Exercise brief: Exactly the lines from the one containing "if bytes.len() >" to the last line of the records, inclusive, are to be transcribed; include no others.

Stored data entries
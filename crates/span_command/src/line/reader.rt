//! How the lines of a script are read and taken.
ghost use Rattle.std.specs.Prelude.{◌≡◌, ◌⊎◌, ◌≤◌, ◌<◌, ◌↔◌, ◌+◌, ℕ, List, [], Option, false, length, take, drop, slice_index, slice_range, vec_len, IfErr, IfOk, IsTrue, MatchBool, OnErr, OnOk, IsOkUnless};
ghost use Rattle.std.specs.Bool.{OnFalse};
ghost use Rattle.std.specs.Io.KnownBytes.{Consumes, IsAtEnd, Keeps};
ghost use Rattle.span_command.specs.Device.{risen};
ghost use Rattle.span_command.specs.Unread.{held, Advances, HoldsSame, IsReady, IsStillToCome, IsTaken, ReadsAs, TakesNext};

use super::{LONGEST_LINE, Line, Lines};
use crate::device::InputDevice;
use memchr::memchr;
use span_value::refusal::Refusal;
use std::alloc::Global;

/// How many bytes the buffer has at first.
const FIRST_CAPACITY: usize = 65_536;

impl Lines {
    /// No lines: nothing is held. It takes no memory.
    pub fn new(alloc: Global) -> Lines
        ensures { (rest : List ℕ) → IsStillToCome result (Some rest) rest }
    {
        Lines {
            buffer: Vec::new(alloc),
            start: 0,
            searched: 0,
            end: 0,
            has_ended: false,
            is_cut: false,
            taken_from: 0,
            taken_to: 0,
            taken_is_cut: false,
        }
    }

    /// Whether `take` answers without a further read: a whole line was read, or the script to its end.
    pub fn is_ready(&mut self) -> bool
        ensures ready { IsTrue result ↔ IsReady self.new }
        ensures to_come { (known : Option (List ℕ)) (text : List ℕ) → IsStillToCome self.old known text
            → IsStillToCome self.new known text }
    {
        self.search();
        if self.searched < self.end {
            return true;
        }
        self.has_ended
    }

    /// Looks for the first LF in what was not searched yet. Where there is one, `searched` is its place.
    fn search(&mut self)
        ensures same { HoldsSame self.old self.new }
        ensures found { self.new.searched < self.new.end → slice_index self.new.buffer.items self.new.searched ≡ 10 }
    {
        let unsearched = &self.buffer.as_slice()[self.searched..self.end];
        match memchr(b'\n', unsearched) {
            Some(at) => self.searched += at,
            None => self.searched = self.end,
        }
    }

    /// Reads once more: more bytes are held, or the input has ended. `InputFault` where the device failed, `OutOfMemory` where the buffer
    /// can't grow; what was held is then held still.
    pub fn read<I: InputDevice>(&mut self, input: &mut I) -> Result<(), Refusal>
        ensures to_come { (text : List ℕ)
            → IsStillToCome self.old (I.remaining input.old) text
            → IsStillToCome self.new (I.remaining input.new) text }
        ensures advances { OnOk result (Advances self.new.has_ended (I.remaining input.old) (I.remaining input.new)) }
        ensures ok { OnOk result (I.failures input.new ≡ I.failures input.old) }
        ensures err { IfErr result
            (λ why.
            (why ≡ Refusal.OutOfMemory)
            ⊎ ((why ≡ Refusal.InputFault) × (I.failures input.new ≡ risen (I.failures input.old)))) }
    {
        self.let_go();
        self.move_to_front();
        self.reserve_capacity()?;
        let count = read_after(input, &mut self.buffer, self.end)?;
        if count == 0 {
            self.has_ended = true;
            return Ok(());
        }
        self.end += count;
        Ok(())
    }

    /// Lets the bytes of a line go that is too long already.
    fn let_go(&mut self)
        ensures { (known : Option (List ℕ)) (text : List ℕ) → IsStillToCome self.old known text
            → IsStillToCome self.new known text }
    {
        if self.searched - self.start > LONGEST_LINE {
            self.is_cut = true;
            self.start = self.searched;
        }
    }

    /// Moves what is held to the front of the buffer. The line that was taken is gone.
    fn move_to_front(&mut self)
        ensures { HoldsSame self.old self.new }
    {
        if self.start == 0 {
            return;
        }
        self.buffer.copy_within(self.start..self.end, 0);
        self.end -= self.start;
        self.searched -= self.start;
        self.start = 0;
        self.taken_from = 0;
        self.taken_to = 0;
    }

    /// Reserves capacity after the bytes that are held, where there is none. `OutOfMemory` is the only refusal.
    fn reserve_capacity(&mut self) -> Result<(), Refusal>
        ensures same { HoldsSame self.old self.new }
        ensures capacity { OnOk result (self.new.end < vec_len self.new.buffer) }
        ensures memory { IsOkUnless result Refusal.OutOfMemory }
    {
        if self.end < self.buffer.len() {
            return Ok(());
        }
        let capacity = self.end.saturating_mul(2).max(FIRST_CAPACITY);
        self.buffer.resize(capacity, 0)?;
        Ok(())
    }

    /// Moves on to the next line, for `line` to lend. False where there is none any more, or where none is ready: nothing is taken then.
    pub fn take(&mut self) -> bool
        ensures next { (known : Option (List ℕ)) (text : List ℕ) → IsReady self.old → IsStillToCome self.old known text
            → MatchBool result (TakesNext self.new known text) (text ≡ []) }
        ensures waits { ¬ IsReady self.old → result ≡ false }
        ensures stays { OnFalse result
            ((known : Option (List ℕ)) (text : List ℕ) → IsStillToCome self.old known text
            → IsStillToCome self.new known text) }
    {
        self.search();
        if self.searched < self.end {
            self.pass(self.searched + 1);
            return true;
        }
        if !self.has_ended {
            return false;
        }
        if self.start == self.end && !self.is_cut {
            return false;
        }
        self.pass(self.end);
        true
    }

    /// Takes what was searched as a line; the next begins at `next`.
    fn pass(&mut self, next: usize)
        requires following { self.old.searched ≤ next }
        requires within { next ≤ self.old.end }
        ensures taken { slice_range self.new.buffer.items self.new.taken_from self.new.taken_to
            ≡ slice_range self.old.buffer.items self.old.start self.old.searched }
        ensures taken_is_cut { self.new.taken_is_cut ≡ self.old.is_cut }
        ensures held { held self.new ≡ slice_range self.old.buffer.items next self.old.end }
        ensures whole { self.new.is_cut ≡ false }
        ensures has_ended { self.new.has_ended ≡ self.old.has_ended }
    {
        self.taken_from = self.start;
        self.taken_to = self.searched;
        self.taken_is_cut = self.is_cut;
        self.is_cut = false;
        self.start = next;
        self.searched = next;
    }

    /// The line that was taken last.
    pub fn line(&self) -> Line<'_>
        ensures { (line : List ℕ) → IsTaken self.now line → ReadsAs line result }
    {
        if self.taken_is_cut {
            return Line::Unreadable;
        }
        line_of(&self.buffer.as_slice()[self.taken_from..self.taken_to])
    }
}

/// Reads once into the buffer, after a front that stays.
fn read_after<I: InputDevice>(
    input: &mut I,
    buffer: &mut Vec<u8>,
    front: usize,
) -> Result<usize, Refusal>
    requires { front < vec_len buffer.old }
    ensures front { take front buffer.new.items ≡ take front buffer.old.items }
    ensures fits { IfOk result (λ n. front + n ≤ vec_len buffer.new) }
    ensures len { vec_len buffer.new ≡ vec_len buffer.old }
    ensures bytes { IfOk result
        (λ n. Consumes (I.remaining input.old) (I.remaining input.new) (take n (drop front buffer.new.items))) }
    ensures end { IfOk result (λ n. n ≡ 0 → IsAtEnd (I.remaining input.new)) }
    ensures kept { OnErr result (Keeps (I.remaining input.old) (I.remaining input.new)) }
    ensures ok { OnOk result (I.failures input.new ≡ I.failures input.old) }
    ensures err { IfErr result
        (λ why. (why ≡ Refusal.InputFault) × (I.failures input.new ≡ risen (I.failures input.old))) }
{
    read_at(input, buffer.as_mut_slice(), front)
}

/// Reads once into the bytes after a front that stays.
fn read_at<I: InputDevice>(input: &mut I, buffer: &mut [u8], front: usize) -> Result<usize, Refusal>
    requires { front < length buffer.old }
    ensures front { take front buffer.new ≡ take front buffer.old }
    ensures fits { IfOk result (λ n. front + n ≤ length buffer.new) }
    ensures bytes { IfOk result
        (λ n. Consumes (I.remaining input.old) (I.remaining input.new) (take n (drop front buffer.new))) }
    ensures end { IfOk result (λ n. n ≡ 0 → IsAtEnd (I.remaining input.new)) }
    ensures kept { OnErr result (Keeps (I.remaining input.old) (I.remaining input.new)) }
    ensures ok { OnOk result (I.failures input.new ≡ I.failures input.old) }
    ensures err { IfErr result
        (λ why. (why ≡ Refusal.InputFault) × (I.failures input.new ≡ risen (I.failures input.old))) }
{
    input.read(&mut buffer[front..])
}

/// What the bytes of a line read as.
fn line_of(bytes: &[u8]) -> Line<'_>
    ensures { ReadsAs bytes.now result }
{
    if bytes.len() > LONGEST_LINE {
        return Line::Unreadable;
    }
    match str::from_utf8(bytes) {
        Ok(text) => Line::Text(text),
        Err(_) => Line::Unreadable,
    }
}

Answer space:
    if bytes.len() > LONGEST_LINE {
        return Line::Unreadable;
    }
    match str::from_utf8(bytes) {
        Ok(text) => Line::Text(text),
        Err(_) => Line::Unreadable,
    }
}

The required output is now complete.